§ Material for this task
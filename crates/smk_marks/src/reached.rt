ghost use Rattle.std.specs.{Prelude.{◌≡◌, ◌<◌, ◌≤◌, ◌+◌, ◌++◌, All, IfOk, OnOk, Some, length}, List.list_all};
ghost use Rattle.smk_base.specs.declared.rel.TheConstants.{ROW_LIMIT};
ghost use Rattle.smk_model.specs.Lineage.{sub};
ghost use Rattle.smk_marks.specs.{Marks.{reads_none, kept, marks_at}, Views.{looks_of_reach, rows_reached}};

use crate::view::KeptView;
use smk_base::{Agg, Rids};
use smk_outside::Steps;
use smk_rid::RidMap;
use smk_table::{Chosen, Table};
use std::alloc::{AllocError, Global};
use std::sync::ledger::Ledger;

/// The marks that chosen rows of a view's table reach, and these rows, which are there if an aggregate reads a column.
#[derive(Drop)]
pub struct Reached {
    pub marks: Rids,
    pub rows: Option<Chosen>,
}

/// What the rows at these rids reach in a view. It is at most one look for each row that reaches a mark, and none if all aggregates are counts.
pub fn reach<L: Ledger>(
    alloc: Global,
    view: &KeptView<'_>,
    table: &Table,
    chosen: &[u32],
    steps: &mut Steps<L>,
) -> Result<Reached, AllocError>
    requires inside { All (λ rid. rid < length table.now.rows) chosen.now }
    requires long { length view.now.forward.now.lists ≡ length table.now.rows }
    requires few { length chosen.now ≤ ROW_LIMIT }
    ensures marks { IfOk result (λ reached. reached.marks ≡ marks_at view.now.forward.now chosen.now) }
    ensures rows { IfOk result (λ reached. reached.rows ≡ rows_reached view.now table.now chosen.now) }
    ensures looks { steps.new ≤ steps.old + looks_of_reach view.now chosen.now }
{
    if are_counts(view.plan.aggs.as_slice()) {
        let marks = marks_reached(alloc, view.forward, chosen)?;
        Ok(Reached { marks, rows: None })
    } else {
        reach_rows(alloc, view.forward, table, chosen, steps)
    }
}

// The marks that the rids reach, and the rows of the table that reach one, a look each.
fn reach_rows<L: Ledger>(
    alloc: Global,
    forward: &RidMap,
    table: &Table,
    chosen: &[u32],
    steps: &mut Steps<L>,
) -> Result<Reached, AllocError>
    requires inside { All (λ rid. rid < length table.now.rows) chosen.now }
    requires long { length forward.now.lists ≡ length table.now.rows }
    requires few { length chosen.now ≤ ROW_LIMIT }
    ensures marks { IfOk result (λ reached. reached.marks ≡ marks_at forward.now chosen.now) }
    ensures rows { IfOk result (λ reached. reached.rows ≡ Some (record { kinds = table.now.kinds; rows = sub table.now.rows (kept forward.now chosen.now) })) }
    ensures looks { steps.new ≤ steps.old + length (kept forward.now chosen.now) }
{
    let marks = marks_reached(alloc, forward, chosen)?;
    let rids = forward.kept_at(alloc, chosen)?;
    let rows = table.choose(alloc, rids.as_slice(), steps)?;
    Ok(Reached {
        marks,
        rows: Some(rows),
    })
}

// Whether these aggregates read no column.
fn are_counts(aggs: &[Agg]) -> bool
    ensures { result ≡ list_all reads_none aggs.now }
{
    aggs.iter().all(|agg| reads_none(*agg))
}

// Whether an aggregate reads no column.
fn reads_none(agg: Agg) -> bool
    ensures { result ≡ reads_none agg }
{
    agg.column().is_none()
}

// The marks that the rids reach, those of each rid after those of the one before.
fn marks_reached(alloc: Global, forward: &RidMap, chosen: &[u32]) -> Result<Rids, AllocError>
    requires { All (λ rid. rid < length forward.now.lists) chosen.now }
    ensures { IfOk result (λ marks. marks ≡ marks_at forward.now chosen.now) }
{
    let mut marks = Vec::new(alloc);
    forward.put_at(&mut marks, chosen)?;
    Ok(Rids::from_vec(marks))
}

--

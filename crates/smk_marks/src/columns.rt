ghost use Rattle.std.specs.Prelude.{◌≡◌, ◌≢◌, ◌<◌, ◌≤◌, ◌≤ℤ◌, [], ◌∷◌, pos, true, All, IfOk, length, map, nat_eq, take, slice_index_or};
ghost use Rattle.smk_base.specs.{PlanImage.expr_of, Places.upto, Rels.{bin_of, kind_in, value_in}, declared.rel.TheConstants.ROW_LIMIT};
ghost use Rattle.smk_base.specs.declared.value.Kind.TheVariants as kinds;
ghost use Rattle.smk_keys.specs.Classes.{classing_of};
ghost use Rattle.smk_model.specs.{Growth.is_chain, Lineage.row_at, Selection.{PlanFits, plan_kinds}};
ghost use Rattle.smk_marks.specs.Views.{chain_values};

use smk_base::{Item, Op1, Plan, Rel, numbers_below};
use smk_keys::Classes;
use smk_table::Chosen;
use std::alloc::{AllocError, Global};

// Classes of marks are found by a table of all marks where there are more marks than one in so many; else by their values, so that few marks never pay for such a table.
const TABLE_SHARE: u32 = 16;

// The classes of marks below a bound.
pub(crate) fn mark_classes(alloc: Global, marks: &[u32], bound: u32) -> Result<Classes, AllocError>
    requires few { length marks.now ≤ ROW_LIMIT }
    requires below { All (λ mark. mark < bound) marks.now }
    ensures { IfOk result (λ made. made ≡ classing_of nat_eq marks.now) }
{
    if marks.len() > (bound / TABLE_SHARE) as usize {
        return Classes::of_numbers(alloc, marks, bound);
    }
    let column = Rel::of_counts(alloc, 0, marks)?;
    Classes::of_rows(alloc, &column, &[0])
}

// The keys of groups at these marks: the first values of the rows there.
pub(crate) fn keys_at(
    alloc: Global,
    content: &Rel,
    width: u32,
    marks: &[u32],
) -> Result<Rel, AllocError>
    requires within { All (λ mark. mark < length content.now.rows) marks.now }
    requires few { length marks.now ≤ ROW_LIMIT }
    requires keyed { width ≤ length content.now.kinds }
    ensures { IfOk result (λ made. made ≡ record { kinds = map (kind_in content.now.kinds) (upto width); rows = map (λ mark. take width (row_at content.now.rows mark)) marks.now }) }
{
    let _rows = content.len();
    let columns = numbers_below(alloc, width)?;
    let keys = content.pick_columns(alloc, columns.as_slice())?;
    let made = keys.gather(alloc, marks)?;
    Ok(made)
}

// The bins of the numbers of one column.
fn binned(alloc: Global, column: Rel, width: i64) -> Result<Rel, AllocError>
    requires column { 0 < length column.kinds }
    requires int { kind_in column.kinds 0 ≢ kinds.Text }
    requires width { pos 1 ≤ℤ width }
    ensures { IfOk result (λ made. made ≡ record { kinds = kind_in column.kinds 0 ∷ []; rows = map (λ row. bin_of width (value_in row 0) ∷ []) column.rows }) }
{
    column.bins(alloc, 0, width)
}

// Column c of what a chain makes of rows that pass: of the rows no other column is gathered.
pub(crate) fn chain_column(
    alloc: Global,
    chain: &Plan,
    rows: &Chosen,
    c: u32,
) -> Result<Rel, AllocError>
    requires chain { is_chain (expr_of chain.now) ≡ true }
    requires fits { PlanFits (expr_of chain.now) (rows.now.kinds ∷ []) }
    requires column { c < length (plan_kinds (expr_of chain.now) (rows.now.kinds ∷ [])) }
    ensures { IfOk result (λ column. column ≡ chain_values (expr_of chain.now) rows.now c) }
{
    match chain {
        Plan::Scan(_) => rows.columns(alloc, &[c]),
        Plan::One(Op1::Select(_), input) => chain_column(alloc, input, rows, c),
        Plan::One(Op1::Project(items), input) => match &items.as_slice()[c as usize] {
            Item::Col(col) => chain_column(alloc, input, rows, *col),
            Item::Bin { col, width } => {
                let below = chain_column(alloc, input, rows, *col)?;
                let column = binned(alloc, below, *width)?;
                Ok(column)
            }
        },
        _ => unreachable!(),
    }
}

§ Work task
Lines from the entries that contain the word "PlanFits" are what the answer must hold.

§ Exercise answer
ghost use Rattle.smk_model.specs.{Growth.is_chain, Lineage.row_at, Selection.{PlanFits, plan_kinds}};
    requires fits { PlanFits (expr_of chain.now) (rows.now.kinds ∷ []) }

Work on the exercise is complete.